What this task involves: Search the entries below for the word "counts" and copy every line where it appears.

Input records:
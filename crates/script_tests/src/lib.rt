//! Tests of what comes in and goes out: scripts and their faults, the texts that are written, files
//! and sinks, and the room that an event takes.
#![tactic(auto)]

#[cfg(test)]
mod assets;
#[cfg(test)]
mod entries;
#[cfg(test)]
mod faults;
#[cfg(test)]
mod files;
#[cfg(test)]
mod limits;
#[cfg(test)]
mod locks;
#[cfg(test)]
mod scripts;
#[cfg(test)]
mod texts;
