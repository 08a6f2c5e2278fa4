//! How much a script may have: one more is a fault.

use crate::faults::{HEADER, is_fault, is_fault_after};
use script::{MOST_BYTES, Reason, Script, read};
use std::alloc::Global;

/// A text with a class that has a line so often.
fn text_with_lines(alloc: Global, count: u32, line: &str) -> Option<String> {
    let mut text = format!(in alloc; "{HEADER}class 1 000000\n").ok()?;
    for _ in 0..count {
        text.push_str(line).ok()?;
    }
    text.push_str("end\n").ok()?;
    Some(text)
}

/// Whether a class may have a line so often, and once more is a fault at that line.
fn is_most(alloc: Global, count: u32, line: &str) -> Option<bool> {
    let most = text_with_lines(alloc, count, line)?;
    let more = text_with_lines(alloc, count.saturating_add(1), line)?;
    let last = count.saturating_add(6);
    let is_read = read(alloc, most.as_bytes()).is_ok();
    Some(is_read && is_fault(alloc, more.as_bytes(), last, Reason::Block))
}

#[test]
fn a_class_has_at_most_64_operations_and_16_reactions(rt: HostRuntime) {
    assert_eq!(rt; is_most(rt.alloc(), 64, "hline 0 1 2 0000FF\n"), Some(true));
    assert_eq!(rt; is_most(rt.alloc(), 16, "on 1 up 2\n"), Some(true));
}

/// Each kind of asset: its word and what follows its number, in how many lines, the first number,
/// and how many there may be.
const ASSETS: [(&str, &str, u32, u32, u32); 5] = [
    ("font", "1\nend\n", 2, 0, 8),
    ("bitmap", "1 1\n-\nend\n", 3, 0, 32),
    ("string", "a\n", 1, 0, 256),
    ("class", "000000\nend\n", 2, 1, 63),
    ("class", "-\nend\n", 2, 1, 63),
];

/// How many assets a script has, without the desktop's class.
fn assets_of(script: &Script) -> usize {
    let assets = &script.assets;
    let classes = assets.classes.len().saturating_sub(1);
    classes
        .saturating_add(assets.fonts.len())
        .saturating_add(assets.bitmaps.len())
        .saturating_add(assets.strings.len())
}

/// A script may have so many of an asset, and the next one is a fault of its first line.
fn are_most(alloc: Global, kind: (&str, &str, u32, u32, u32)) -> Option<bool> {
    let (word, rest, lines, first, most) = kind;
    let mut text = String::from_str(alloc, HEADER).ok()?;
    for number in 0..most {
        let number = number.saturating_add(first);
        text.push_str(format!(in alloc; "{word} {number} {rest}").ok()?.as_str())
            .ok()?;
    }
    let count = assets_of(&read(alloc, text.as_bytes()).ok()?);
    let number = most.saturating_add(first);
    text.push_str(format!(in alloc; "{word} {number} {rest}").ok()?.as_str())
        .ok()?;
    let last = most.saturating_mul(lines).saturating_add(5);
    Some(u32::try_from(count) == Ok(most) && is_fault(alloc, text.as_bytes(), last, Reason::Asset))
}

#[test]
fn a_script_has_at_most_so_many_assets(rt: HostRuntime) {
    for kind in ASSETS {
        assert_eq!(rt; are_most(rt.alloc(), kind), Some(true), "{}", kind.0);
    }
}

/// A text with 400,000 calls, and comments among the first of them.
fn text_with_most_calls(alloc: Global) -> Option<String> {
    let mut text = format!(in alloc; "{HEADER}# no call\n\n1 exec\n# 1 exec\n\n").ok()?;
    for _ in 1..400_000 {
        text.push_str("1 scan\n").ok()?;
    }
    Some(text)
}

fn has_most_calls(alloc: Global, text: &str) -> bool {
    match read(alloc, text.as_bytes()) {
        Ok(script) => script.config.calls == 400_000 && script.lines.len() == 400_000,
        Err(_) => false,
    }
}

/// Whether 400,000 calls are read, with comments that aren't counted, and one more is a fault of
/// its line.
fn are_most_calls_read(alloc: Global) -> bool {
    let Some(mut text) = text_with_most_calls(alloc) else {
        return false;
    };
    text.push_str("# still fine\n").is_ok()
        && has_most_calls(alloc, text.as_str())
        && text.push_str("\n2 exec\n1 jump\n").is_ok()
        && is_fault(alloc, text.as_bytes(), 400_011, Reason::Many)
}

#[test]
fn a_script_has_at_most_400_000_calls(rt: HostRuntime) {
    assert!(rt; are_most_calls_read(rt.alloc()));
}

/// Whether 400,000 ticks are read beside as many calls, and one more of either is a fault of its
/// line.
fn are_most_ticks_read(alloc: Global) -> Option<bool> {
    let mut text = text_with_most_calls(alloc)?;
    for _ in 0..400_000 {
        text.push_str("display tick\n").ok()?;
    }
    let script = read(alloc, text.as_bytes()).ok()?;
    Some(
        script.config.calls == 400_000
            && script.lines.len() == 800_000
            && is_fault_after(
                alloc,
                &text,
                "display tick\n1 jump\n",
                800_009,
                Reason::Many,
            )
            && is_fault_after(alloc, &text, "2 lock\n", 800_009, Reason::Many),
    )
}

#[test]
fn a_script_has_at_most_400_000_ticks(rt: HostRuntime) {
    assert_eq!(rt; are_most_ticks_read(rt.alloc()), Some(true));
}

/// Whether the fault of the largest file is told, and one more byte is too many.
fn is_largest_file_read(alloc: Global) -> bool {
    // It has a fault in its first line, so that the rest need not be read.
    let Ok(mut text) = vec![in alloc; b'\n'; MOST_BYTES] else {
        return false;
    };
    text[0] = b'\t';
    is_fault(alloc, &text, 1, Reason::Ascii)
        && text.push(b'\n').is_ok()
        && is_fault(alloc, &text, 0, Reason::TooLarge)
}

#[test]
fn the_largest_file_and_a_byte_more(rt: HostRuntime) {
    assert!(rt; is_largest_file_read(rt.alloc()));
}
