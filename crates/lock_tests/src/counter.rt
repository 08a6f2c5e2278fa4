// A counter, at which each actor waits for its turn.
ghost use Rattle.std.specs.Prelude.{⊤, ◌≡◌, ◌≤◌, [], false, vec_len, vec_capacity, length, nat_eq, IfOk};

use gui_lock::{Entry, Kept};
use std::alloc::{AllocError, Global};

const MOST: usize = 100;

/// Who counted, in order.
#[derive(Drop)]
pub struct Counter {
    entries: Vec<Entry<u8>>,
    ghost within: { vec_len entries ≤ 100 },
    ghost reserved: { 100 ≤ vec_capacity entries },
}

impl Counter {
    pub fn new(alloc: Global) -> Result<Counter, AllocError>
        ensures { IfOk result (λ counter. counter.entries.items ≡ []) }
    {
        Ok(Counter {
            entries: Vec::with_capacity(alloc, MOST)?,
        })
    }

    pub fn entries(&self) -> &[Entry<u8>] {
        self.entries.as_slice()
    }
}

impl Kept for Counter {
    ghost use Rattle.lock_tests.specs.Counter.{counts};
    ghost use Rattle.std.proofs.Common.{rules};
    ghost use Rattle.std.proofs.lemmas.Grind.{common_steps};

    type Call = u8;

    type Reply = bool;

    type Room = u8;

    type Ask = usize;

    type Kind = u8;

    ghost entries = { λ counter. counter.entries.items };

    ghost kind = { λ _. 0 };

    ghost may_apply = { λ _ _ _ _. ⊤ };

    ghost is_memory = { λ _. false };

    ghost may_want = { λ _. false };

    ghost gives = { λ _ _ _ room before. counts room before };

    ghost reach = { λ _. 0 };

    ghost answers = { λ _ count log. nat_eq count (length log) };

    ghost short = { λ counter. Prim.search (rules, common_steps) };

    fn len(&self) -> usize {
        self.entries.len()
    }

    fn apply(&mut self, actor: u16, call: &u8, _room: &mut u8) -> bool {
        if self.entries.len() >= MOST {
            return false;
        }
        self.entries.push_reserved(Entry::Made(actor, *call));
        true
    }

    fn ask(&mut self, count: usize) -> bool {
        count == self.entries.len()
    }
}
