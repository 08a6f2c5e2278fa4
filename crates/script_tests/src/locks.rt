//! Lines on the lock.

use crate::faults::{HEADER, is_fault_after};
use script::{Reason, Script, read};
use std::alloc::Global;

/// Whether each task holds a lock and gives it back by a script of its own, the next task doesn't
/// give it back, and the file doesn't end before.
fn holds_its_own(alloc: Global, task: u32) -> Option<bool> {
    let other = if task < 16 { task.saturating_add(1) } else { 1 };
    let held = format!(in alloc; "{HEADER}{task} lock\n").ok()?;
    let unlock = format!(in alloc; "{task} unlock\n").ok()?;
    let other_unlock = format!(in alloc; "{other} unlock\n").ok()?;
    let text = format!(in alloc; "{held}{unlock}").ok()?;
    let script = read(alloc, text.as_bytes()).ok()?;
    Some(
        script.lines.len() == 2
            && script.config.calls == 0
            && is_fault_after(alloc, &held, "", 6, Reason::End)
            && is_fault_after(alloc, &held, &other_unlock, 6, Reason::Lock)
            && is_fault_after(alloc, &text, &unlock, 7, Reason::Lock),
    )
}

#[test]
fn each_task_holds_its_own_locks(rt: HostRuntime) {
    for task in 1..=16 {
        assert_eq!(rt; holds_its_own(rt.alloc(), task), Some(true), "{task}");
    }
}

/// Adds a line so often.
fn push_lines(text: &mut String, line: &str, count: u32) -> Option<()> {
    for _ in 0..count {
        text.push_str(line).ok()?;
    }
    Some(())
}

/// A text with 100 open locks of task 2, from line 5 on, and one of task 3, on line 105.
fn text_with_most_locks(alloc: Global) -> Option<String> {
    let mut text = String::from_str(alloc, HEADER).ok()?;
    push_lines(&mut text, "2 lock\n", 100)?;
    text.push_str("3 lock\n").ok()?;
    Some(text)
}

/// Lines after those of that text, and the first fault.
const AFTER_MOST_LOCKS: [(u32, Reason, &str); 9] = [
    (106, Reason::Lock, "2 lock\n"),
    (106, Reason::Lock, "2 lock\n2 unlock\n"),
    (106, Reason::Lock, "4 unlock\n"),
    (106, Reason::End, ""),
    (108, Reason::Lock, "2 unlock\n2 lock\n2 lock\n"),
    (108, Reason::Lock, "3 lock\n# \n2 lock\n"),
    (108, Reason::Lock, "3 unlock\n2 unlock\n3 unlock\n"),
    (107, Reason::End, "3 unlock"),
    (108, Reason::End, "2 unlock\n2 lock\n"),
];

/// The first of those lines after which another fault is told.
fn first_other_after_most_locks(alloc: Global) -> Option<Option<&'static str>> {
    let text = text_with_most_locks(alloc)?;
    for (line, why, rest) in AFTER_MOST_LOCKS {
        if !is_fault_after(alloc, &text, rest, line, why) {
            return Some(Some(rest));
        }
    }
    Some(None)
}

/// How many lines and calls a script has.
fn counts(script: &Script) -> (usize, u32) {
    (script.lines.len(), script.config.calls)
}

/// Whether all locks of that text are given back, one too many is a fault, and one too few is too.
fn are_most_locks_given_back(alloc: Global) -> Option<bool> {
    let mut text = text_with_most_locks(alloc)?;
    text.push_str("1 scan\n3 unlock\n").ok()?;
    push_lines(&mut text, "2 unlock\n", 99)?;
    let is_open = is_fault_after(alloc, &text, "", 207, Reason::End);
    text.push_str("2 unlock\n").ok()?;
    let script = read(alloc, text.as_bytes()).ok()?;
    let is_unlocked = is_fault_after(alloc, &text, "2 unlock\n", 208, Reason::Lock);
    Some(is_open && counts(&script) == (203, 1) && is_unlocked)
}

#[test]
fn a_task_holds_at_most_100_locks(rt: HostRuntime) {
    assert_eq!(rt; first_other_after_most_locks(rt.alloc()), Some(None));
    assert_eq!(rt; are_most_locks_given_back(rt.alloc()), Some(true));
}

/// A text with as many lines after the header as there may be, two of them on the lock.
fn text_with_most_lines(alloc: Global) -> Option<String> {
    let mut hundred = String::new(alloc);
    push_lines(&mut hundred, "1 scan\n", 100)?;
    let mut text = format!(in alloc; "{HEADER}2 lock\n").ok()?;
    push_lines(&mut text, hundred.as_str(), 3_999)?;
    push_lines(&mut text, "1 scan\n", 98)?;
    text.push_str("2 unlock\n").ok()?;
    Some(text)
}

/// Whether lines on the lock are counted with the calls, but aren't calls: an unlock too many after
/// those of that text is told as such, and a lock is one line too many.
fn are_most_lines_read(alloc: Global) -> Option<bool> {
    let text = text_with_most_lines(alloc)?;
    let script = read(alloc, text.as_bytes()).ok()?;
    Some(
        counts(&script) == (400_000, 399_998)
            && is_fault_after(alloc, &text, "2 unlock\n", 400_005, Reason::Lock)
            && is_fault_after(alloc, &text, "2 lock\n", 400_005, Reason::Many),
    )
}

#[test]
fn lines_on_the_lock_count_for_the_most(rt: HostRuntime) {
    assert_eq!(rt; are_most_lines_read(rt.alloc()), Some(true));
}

Exercise answer:
    ghost use Rattle.lock_tests.specs.Counter.{counts};
    ghost gives = { λ _ _ _ room before. counts room before };
fn counts(script: &Script) -> (usize, u32) {
    Some(is_open && counts(&script) == (203, 1) && is_unlocked)
        counts(&script) == (400_000, 399_998)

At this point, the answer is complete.